It was at breakfast time that this letter arrived, and the bacon was undeniably less good than it would have been two days previously. Evelyn sniffed at it, and decided against it. But his sensitiveness to slightly passée bacon was sensitive to her feelings also.

“One doesn’t want meat food in the summer,” he said. “Tea and marmalade—how delicious!”

Madge handed him his tea.

“You dear,” she said. “It is high, and it’s my fault; I thought it would be good just for to-day. But it isn’t. Oh, Evelyn, it was nice of you to pretend you didn’t want any. But you can’t act before me. I always know you. So give it up.”

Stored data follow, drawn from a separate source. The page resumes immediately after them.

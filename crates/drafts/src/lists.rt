// Draws lists of names. Most are good; others are empty, have a name twice, 33 names, a name of 17 bytes, or a damage.
use crate::damage;
use making::Dice;
use slices::{Output, get, low_byte};

// How names are made.
#[derive(Clone, Copy)]
enum Naming {
    // Of so many bytes of the alphabet, at first and then, and at most so many.
    Drawn {
        first: usize,
        then: usize,
        most: usize,
    },
    Numbered,
}

// How the names of a list are made, and how many there are at most.
#[derive(Clone, Copy)]
struct Plan {
    naming: Naming,
    lines: usize,
}

impl Plan {
    // A few short names of two letters, of which one is often the front of another, or the same; a few of any bytes; many of any
    // bytes; many that differ in their last two bytes.
    fn draw(dice: &mut Dice) -> Plan {
        let (first, then, most, lines) = match dice.draw(4) {
            0 => (2, 2, 3, 4),
            1 => (52, 65, 16, 8),
            2 => (52, 65, 17, 33),
            _ => {
                return Plan {
                    naming: Naming::Numbered,
                    lines: 33,
                };
            }
        };
        Plan {
            naming: Naming::Drawn { first, then, most },
            lines,
        }
    }

    // How many names: any number of few, and nearly all of many; now and then none.
    fn draw_lines(self, dice: &mut Dice) -> usize {
        if dice.is_one_in(50) {
            return 0;
        }
        dice.between(self.lines.saturating_sub(8).saturating_add(1), self.lines)
    }
}

// One of the first bytes of the alphabet.
fn draw_byte(dice: &mut Dice, bytes: usize) -> u8 {
    get(
        b"abcdefghijklmnopqrstuvwxyzABCDEFGHIJKLMNOPQRSTUVWXYZ0123456789-._",
        dice.draw(bytes),
    )
}

// The last decimal digit of a number.
fn digit(number: usize) -> u8 {
    low_byte(usize::from(b'0') + number % 10)
}

fn push_name(names: &mut Output, dice: &mut Dice, naming: Naming, number: usize) {
    match naming {
        Naming::Drawn { first, then, most } => {
            let count = dice.between(1, most);
            names.push(draw_byte(dice, first));
            for _ in 1..count {
                names.push(draw_byte(dice, then));
            }
        }
        // 16 bytes, which end in the number.
        Naming::Numbered => {
            names.extend(b"Storm.gate-no_");
            names.push(digit(number / 10));
            names.push(digit(number));
        }
    }
}

// Makes a list.
pub fn make(names: &mut Output, dice: &mut Dice) {
    let plan = Plan::draw(dice);
    for number in 0..plan.draw_lines(dice) {
        push_name(names, dice, plan.naming, number);
        names.push(b'\n');
    }
    damage::harm_some(names, dice, b"\n\n\naAzZ09-._<>/ ", 5);
}
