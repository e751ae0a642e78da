// The text of an answer, laid down from the start of its room, which is long enough for the longest.
ghost use Rattle.std.specs.Prelude.{◌≡◌, ◌++◌, ◌+◌, ◌≤◌, length};
ghost use Rattle.text.specs.Told.{Puts};
ghost use Rattle.jobtext.specs.Answer.{lent_word, refused_text, two_counts, three_counts, same_text, different_text};
ghost use Rattle.jobtext.specs.Promise.{most_answer};
ghost use Rattle.jobtext.specs.Told.{Lays, most_verdict, most_two_counts, most_three_counts};

use text::writing::Writer;

// A refusal, by its number: the answers at the door tell it so.
pub fn lay_refusal(out: &mut [u8], number: u8) -> usize
    requires { most_answer ≤ length out.old }
    ensures { Lays out.old (refused_text number) result out.new }
{
    let mut writer = Writer::new(out);
    writer.put(b"verdict=refused\n");
    writer.number(b"reason=", number as u64);
    writer.at
}

// The answer of a match: the line of its verdict, the places and the visits.
pub fn lay_match(out: &mut [u8], verdict: &[u8], places: usize, visits: u32) -> usize
    requires most_answer_in_bounds { most_answer ≤ length out.old }
    requires verdict_short { length verdict.now ≤ most_verdict }
    ensures { Lays out.old (verdict.now ++ two_counts places visits) result out.new }
{
    let mut writer = Writer::new(out);
    writer.put(verdict);
    put_two_counts(&mut writer, places, visits);
    writer.at
}

// "Same", with the three counts. Beside `lay_match` it has a fixed verdict and one line more, in its own order.
pub fn lay_same(out: &mut [u8], pairs: usize, places: usize, visits: u32) -> usize
    requires { most_answer ≤ length out.old }
    ensures { Lays out.old (same_text pairs places visits) result out.new }
{
    let mut writer = Writer::new(out);
    writer.put(b"verdict=same\n");
    put_three_counts(&mut writer, pairs, places, visits);
    writer.at
}

// "Different", with the word, the side that has it and the three counts.
pub fn lay_different(
    out: &mut [u8],
    word: &[u8],
    side: &[u8],
    pairs: usize,
    places: usize,
    visits: u32,
) -> usize
    requires most_answer_in_bounds { most_answer ≤ length out.old }
    requires word_short { length word.now ≤ lent_word }
    requires side_short { length side.now ≤ most_verdict }
    ensures { Lays out.old (different_text word.now side.now pairs places visits) result out.new }
{
    let mut writer = Writer::new(out);
    writer.put(b"verdict=different\n");
    writer.hex_line(b"word=", word);
    writer.line(b"only=", side);
    put_three_counts(&mut writer, pairs, places, visits);
    writer.at
}

// The places and the visits.
fn put_two_counts(writer: &mut Writer<'_>, places: usize, visits: u32)
    requires { writer.old.at + most_two_counts ≤ length writer.old.out.now }
    ensures same_room { writer.new.out.ghost_name ≡ writer.old.out.ghost_name }
    ensures as_long { length writer.new.out.now ≡ length writer.old.out.now }
    ensures puts { Puts writer.old.out.now writer.old.at (two_counts places visits) writer.new.at writer.new.out.now }
    ensures upper_bound { writer.new.at ≤ writer.old.at + most_two_counts }
{
    writer.number(b"places=", places as u64);
    writer.number(b"visits=", visits as u64);
}

// The pairs, the places and the visits.
fn put_three_counts(writer: &mut Writer<'_>, pairs: usize, places: usize, visits: u32)
    requires { writer.old.at + most_three_counts ≤ length writer.old.out.now }
    ensures same_room { writer.new.out.ghost_name ≡ writer.old.out.ghost_name }
    ensures as_long { length writer.new.out.now ≡ length writer.old.out.now }
    ensures puts { Puts writer.old.out.now writer.old.at (three_counts pairs places visits) writer.new.at writer.new.out.now }
    ensures upper_bound { writer.new.at ≤ writer.old.at + most_three_counts }
{
    writer.number(b"pairs=", pairs as u64);
    put_two_counts(writer, places, visits);
}
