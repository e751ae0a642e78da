// The rooms that the program lends. Document 01: "It lends 32,768, 8,192 and 1,024 bytes."
use refusals::limits::{MOST_PAIR_ROOM, MOST_PAIRS, MOST_ROOM};

// The bytes lent as work room, pair room and word room: the largest work room and pair room that a call takes, and a byte for each pair, since a
// word is no longer than the pairs placed.
pub const LENT_WORK: usize = MOST_ROOM;

pub const LENT_PAIRS: usize = MOST_PAIR_ROOM;

pub const LENT_WORD: usize = MOST_PAIRS;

Evelyn gave a great shout of laughter.

“Madge and marmalade,” he said. “That’s good enough for me. In fact, I would leave out the marmalade if required. Oh, Madge, why can’t you be serious and talk about this. By the way, I’ll paint another sketch of you called ‘Bad bacon’; the yearning face of the young wife. You are young, you know, and you are my wife. Don’t chatter so, it confuses me. Now Lady Dover, if you will be silent one moment, lives at Golspie.”

“That’s where you are wrong,” said Madge. “You have to go to Golspie before you begin.”

“I don’t want to begin. I want to get there. Don’t you?”

Madge put on the woeful face that always introduced Ellesdee.

“I don’t like the ticket man at King’s Cross,” she said. “I don’t think he is what he seems.”